In some cases, additional fields are available. For example, the `group` field which contains the bold text under which a text is found.

## Architecture

The dependency graph below is generated by [`import-cruiser`](https://github.com/kevin91nl/import-cruiser) and refreshed by the pre-commit hook. It focuses on `src/eurlex` and its non-dev external dependencies, while keeping the public import surface available through `eurlex`.

### Module map

- `fetch.py`: download EUR-Lex HTML and resolve multiple-choice responses
- `parser.py`: turn HTML into tabular records
- `sparql.py`: build and run SPARQL queries
- `language.py`: language-code normalization
- `uri.py`: query-parameter and IRI helpers
- `xml.py`: XML and tag/class helpers
- `constants.py`: prefix and language-code tables

![EUR-Lex dependency graph](./docs/architecture/dependency-graph.svg)

## Contributing

Feel free to send any issues, ideas or pull requests.

### Branching and pull requests

Please do your work on a feature branch that follows the `feature/*` naming pattern, for example `feature/my-new-improvement`.

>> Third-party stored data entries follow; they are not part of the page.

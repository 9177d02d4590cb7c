//! What is said of an edit.
ghost use Rattle.std.specs.Prelude.{◌≡◌, IfOk, string_bytes};
ghost use Rattle.cue_edit.specs.Words as words;
ghost use Rattle.cue_edit.specs.declared.edit.Change.TheVariants as change;

use crate::edit::{Change, Edit, EditFault, Sign};
use cue_show::CueNo;
use cue_show_file::cue_text;
use std::alloc::{AllocError, Global};

// A sign by its name.
fn sign_said(sign: &Sign) -> &'static str
    ensures { result.now ≡ words.sign_said sign.now }
{
    match sign {
        Sign::Name(_) => "name",
        Sign::Note(_) => "note",
        Sign::Color(_) => "colour",
        Sign::Flag(_) => "flag",
    }
}

// A cue that comes elsewhere.
fn carried_words(alloc: Global, cue: CueNo, before: Option<CueNo>) -> Result<String, AllocError>
    ensures { IfOk result (λ text. string_bytes text ≡ words.carried_said cue before) }
{
    let cue = cue_text(&cue);
    match before {
        None => format!(in alloc; "cue {cue} comes last"),
        Some(before) => {
            let before = cue_text(&before);
            format!(in alloc; "cue {cue} comes before cue {before}")
        }
    }
}

// A cue with another sign.
fn signed_words(alloc: Global, cue: CueNo, sign: &Sign) -> Result<String, AllocError>
    ensures { IfOk result (λ text. string_bytes text ≡ words.changed_said cue (change.Sign sign.now)) }
{
    let (cue, sign) = (cue_text(&cue), sign_said(sign));
    format!(in alloc; "cue {cue}: its {sign} is changed")
}

// A cue that was made of another one.
fn copied_words(alloc: Global, cue: CueNo, number: CueNo) -> Result<String, AllocError>
    ensures { IfOk result (λ text. string_bytes text ≡ words.changed_said cue (change.Copy number)) }
{
    let (cue, number) = (cue_text(&cue), cue_text(&number));
    format!(in alloc; "cue {number} is a copy of cue {cue}")
}

/// What an edit has done, as one line without its end.
pub fn done_words(alloc: Global, edit: &Edit) -> Result<String, AllocError>
    ensures { IfOk result (λ text. string_bytes text ≡ words.done_said edit.now) }
{
    match &edit.change {
        Change::Sign(sign) => signed_words(alloc, edit.cue, sign),
        Change::Before(before) => carried_words(alloc, edit.cue, *before),
        Change::Copy(number) => copied_words(alloc, edit.cue, *number),
    }
}

// A cue that cannot come there.
fn no_place_by(alloc: Global, cue: CueNo, before: Option<CueNo>) -> Result<String, AllocError>
    ensures { IfOk result (λ text. string_bytes text ≡ words.no_place_by cue before) }
{
    let cue = cue_text(&cue);
    match before {
        None => Ok(String::new(alloc)),
        Some(before) => {
            let before = cue_text(&before);
            format!(in alloc;
                "cue {cue} cannot come before cue {before}: that is itself, or not in the file"
            )
        }
    }
}

// The place that cannot be.
fn no_place_words(alloc: Global, cue: CueNo, change: &Change) -> Result<String, AllocError>
    ensures { IfOk result (λ text. string_bytes text ≡ words.no_place_said cue change.now) }
{
    match change {
        Change::Before(before) => no_place_by(alloc, cue, *before),
        Change::Sign(_) | Change::Copy(_) => Ok(String::new(alloc)),
    }
}

// The number that is taken.
fn taken_words(alloc: Global, change: &Change) -> Result<String, AllocError>
    ensures { IfOk result (λ text. string_bytes text ≡ words.taken_said change.now) }
{
    match change {
        Change::Copy(number) => {
            let number = cue_text(number);
            format!(in alloc; "cue {number} is in the file already: take another number")
        }
        Change::Sign(_) | Change::Before(_) => Ok(String::new(alloc)),
    }
}

/// Why an edit is refused, as one line without its end. What the mistakes are is said apart.
pub fn refused_words(alloc: Global, edit: &Edit, fault: &EditFault) -> Result<String, AllocError>
    ensures { IfOk result (λ text. string_bytes text ≡ words.refused_said edit.now fault.now) }
{
    let cue = cue_text(&edit.cue);
    match fault {
        EditFault::NoCue => format!(in alloc; "cue {cue} is not in the file"),
        EditFault::NoPlace => no_place_words(alloc, edit.cue, &edit.change),
        EditFault::Taken => taken_words(alloc, &edit.change),
        EditFault::Mistakes(_) => String::from_str(
            alloc,
            "the changed file would have mistakes, and stays as it is",
        ),
        EditFault::Form => format!(in alloc;
            "cue {cue} has no header of its own, or a value of several lines: change it with an editor"
        ),
    }
}
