//! What is asked for, and why it cannot be.
ghost use Rattle.std.specs.Prelude.{◌≡◌};
ghost use Rattle.cue_edit.specs.Editing as editing;

use cue_show::CueNo;
use cue_show_file::{Color, CueEntry, Finding, Flag};

/// What people see of a cue.
#[derive(Drop)]
pub enum Sign {
    /// What it is called; none takes the name away.
    Name(Option<String>),
    /// What the operator is to think of; none takes the note away.
    Note(Option<String>),
    Color(Option<Color>),
    Flag(Option<Flag>),
}

/// What becomes of a cue.
#[derive(Drop)]
pub enum Change {
    /// It has this sign in place of the one before.
    Sign(Sign),
    /// It comes before this cue; none: it is the last.
    Before(Option<CueNo>),
    /// A cue with this number comes after it, which has all that it has.
    Copy(CueNo),
}

/// One change of one cue.
#[derive(Drop)]
pub struct Edit {
    pub cue: CueNo,
    pub change: Change,
}

/// Why a show file stays as it is.
#[derive(Drop)]
pub enum EditFault {
    /// The file has no such cue.
    NoCue,
    /// The cue before which it is to come is not in the file, or is the cue itself.
    NoPlace,
    /// The number of the copy is that of another cue.
    Taken,
    /// The changed file would have these mistakes.
    Mistakes(Vec<Finding>),
    /// The change cannot be seen in the text: the cues have no header of their own, or the value has several lines.
    Form,
}

// Whether one of the cues has the number.
fn has_cue(cues: &[CueEntry], number: CueNo) -> bool
    ensures { result ≡ editing.has_cue cues.now number }
{
    cues.iter().any(|entry| entry.number == number)
}

// Whether a cue can come there.
fn is_place(cues: &[CueEntry], cue: CueNo, before: Option<CueNo>) -> bool
    ensures { result ≡ editing.is_place cues.now cue before }
{
    match before {
        None => true,
        Some(before) => has_cue(cues, before) && before != cue,
    }
}

/// Whether these cues stand in the way of a change, by their numbers alone, and how.
pub(crate) fn fault_of(edit: &Edit, cues: &[CueEntry]) -> Option<EditFault>
    ensures { result ≡ editing.fault_of edit.now cues.now }
{
    if !has_cue(cues, edit.cue) {
        return Some(EditFault::NoCue);
    }
    match &edit.change {
        Change::Sign(_) => None,
        Change::Before(before) => {
            if is_place(cues, edit.cue, *before) {
                None
            } else {
                Some(EditFault::NoPlace)
            }
        }
        Change::Copy(number) => {
            if has_cue(cues, *number) {
                Some(EditFault::Taken)
            } else {
                None
            }
        }
    }
}
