//! Sentences that say why something is not in a registry. Their numbers are limits that the crates below keep: the
//! prover compares only the words, with `specs/Reasons.antt`. `registry_limits.py` of `tests/program/signatures` has
//! each sentence, and tests each number at its limit and one past it; docs/REGISTRY.md has the numbers too.

ghost use Rattle.std.specs.Prelude.{◌≡◌};
ghost use Rattle.droid_cmd_registry.specs.Reasons.{reason_text, why_text};

use droid_signature::Why;
use droid_signature_pattern::Reason;

/// Says why something is not in the registry, for the end of its line. A signature has a reason of its own.
#[tactic(auto, unfolding(crate::specs::Reasons::why_text))]
pub(crate) fn why_sentence(why: Why) -> &'static str
    ensures { result.now ≡ why_text why }
{
    match why {
        Why::NoPuid => "it has no PUID",
        Why::BadPuid => "its PUID is not of 1 to 32 ASCII letters, digits, / and -",
        Why::PuidTaken => "an earlier format has its PUID",
        Why::BadName => "it has no name, or one of more than 255 bytes",
        Why::LongNote => "its version or media type has more than 255 bytes",
        Why::BadExtension => "it is empty, has more than 64 bytes, or has a . or a /",
        Why::OverItself => "that is the format itself",
        Why::NoSuchFormat => "the registry has no format with that ID",
        Why::SeveralFormats => "several formats have that ID",
        Why::NoSuchSignature => "the file has no signature with that ID",
        Why::SeveralSignatures => "several signatures have that ID",
        Why::Unnamed => "no format names it",
        Why::NoSignatureLeft => "all its signatures, so that only its extensions find it",
        Why::Full => "the registry is full",
        Why::Signature(reason) => reason_sentence(reason),
    }
}

/// Says why a registry cannot hold a signature: what its pattern, offsets or positions have that a registry has not.
#[tactic(auto, unfolding(crate::specs::Reasons::reason_text))]
fn reason_sentence(reason: Reason) -> &'static str
    ensures { result.now ≡ reason_text reason }
{
    match reason {
        Reason::NoSequence => "it has no byte sequence",
        Reason::Reference => "its offsets count neither from the beginning nor from the end",
        Reason::NoSubsequence => "a byte sequence has no subsequence",
        Reason::SeveralFromEnd => "a byte sequence from the end has several subsequences",
        Reason::SubsequencePositions => "its subsequences are not in the order of their positions",
        Reason::FurtherUpperOffset => "a subsequence behind the first has an upper offset",
        Reason::NoUpperOffset => "an upper offset is missing",
        Reason::OffsetOrder => "an upper offset is less than the lower one",
        Reason::LargeOffset => "an offset is over 65,535",
        Reason::FragmentPositions => "the positions of its fragments leave one out",
        Reason::LargePosition => "a fragment has a position over 64",
        Reason::Text => "a text that a registry has no pattern for, as a bit mask",
        Reason::LongText => "a text of more than 65,536 bytes",
        Reason::LongRange => "a range of more than 16 bytes",
        Reason::ManyAlternatives => "more than 64 alternatives",
        Reason::LongPattern => "a pattern of more than 4,096 bytes",
        Reason::LongPatterns => "patterns of more than 16,384 bytes in all",
        Reason::GapAtEnd => "a gap at the end of a pattern",
    }
}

When your work is ready, open a pull request from that feature branch to the target branch (typically `main`) for review.

### Local checks

For development, install the project and its hooks, then let pre-commit run the same checks that CI expects:

```bash
python -m pip install -e .[dev]
pre-commit install
pre-commit run --all-files
```

The final hook runs the doctests and enforces 100% coverage for `eurlex`, so you should see the same failures locally before a commit lands.

The README examples are also exercised automatically through `pytest-readme`, so they stay in sync with the code instead of becoming decorative fiction.

The runnable examples in `examples/` are executed by the test suite as well, so they are part of the coverage target rather than a separate side quest.

CI tests the package on Python 3.11, 3.12, and 3.13, while the pre-commit hooks keep the code quality checks on a single pinned environment.

Version tags that start with `v` — for example `v0.1.8` — now create a GitHub Release, attach the built distributions, and publish the package to PyPI after the checks pass.